*** INPUT DATA ***
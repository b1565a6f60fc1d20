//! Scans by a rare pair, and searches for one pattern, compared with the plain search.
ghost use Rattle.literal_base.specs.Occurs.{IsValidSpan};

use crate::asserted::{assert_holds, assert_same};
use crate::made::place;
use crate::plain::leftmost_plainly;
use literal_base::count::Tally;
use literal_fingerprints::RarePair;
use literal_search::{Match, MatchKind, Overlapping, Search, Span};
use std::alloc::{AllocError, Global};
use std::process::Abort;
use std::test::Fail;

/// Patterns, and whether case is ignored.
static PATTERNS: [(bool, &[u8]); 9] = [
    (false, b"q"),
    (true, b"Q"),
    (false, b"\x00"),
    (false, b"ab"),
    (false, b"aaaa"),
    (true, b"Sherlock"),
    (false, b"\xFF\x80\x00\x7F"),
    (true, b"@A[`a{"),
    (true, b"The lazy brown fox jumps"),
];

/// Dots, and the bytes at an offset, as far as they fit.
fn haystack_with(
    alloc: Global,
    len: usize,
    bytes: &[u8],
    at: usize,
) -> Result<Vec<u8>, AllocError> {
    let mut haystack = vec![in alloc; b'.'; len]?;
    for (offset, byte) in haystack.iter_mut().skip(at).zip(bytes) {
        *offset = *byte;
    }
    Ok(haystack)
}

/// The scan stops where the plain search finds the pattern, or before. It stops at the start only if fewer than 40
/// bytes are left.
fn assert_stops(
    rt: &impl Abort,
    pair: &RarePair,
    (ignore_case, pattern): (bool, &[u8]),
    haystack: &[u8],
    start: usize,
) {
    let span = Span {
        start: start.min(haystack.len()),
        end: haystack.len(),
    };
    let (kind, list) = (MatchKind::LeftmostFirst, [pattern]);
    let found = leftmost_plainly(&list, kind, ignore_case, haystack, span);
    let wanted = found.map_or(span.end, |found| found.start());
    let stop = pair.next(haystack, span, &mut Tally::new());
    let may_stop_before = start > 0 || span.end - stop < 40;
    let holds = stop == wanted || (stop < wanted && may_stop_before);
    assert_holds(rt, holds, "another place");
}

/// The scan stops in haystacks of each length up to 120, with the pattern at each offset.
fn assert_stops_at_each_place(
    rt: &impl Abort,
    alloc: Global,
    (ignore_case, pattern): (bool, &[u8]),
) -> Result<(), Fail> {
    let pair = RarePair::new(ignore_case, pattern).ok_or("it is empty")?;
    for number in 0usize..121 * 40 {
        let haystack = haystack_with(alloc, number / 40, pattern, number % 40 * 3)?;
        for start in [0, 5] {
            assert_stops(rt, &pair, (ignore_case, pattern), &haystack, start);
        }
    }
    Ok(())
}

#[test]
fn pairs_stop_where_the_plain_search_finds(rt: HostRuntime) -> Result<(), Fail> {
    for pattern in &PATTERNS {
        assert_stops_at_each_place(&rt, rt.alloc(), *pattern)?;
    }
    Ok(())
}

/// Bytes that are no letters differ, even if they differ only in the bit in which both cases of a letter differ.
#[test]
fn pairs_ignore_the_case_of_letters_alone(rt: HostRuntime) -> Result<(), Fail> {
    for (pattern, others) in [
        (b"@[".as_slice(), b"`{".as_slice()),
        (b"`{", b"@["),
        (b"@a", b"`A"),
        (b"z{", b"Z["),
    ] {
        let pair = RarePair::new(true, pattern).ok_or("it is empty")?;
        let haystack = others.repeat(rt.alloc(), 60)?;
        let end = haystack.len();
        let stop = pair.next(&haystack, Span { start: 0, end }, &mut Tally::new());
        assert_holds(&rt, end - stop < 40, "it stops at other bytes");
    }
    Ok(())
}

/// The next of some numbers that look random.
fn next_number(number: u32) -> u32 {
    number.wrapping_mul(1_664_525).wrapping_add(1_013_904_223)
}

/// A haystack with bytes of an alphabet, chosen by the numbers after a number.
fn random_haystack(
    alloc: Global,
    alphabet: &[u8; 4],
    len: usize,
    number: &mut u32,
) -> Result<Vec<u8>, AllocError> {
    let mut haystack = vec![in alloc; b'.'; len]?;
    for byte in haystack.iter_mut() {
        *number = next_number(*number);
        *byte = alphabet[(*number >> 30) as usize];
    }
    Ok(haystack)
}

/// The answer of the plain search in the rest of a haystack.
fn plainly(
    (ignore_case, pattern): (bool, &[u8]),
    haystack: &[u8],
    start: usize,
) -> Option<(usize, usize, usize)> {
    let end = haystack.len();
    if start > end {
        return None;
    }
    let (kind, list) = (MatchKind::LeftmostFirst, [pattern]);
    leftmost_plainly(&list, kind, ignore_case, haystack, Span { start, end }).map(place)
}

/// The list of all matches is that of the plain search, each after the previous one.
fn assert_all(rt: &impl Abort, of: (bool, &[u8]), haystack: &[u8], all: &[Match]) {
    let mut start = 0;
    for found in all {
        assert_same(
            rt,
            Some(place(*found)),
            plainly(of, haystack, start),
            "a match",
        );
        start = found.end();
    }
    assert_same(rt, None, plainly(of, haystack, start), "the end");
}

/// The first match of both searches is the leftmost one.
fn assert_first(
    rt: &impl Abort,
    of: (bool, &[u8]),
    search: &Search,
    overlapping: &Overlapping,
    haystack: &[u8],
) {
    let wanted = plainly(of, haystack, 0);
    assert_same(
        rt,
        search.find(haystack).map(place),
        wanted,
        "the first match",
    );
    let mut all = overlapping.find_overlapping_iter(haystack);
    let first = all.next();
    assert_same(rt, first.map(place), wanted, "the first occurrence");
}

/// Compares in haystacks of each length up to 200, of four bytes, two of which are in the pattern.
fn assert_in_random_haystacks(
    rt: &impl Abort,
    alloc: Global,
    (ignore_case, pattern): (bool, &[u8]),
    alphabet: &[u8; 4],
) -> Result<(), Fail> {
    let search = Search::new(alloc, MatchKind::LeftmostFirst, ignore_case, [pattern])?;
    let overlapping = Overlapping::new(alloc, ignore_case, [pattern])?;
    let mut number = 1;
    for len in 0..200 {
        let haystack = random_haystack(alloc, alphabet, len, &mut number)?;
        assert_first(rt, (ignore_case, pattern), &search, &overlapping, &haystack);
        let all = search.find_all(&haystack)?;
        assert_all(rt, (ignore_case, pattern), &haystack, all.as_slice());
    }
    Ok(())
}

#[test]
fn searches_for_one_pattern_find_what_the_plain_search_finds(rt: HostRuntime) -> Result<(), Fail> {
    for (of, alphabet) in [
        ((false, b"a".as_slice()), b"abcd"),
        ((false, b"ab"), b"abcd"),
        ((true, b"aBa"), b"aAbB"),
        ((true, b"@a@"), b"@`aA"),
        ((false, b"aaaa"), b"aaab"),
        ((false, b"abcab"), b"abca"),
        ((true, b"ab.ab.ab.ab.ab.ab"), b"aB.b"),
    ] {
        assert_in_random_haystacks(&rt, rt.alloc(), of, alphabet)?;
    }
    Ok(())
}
***
*** INPUT DATA ***
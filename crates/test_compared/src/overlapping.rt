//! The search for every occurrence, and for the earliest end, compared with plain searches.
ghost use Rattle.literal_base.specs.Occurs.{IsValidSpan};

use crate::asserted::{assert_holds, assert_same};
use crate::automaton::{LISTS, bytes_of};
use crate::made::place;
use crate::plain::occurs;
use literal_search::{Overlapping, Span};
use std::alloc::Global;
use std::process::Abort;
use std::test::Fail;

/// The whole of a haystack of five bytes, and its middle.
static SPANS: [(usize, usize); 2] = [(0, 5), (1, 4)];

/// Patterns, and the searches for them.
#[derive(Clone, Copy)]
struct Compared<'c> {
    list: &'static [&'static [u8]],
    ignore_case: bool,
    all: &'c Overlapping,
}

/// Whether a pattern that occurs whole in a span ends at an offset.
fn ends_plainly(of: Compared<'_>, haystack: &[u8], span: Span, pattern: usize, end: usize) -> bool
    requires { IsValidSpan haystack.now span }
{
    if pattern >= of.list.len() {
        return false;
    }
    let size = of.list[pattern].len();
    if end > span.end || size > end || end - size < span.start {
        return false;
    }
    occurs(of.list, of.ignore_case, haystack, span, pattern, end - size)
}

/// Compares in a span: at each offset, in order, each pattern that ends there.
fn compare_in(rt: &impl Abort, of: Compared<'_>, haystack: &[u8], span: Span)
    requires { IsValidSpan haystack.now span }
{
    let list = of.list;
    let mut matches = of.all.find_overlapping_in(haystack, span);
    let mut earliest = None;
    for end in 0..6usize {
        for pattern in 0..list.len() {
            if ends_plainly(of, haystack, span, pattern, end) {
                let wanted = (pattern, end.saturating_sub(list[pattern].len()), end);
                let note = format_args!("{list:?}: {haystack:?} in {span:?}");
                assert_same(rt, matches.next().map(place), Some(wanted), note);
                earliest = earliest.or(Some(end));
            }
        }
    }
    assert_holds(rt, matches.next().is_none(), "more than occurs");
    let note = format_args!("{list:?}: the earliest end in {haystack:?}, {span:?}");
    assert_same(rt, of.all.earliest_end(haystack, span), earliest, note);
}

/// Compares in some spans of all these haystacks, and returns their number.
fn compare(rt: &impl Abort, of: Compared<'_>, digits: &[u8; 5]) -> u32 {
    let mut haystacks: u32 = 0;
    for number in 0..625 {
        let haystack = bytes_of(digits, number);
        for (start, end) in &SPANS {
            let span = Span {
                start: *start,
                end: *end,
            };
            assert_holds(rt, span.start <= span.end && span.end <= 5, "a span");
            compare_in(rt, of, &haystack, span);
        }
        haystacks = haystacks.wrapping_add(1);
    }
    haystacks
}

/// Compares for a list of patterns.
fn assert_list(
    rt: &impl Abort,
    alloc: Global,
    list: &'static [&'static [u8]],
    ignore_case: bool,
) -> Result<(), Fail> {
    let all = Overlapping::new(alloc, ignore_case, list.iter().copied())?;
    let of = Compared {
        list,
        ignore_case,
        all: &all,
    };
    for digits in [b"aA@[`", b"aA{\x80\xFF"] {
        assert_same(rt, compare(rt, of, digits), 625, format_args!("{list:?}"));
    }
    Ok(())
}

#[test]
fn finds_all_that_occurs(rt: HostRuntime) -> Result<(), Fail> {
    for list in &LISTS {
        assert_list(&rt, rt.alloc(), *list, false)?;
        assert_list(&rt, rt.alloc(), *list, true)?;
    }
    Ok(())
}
***
§ TASK PROMPT:
The answer is the lines above between the line holding "a letter differ." and the line holding "the leftmost one.", inclusive, each written out exactly, and no others.

§ EXERCISE OUTPUT:
/// Bytes that are no letters differ, even if they differ only in the bit in which both cases of a letter differ.
#[test]
fn pairs_ignore_the_case_of_letters_alone(rt: HostRuntime) -> Result<(), Fail> {
    for (pattern, others) in [
        (b"@[".as_slice(), b"`{".as_slice()),
        (b"`{", b"@["),
        (b"@a", b"`A"),
        (b"z{", b"Z["),
    ] {
        let pair = RarePair::new(true, pattern).ok_or("it is empty")?;
        let haystack = others.repeat(rt.alloc(), 60)?;
        let end = haystack.len();
        let stop = pair.next(&haystack, Span { start: 0, end }, &mut Tally::new());
        assert_holds(&rt, end - stop < 40, "it stops at other bytes");
    }
    Ok(())
}

/// The next of some numbers that look random.
fn next_number(number: u32) -> u32 {
    number.wrapping_mul(1_664_525).wrapping_add(1_013_904_223)
}

/// A haystack with bytes of an alphabet, chosen by the numbers after a number.
fn random_haystack(
    alloc: Global,
    alphabet: &[u8; 4],
    len: usize,
    number: &mut u32,
) -> Result<Vec<u8>, AllocError> {
    let mut haystack = vec![in alloc; b'.'; len]?;
    for byte in haystack.iter_mut() {
        *number = next_number(*number);
        *byte = alphabet[(*number >> 30) as usize];
    }
    Ok(haystack)
}

/// The answer of the plain search in the rest of a haystack.
fn plainly(
    (ignore_case, pattern): (bool, &[u8]),
    haystack: &[u8],
    start: usize,
) -> Option<(usize, usize, usize)> {
    let end = haystack.len();
    if start > end {
        return None;
    }
    let (kind, list) = (MatchKind::LeftmostFirst, [pattern]);
    leftmost_plainly(&list, kind, ignore_case, haystack, Span { start, end }).map(place)
}

/// The list of all matches is that of the plain search, each after the previous one.
fn assert_all(rt: &impl Abort, of: (bool, &[u8]), haystack: &[u8], all: &[Match]) {
    let mut start = 0;
    for found in all {
        assert_same(
            rt,
            Some(place(*found)),
            plainly(of, haystack, start),
            "a match",
        );
        start = found.end();
    }
    assert_same(rt, None, plainly(of, haystack, start), "the end");
}

/// The first match of both searches is the leftmost one.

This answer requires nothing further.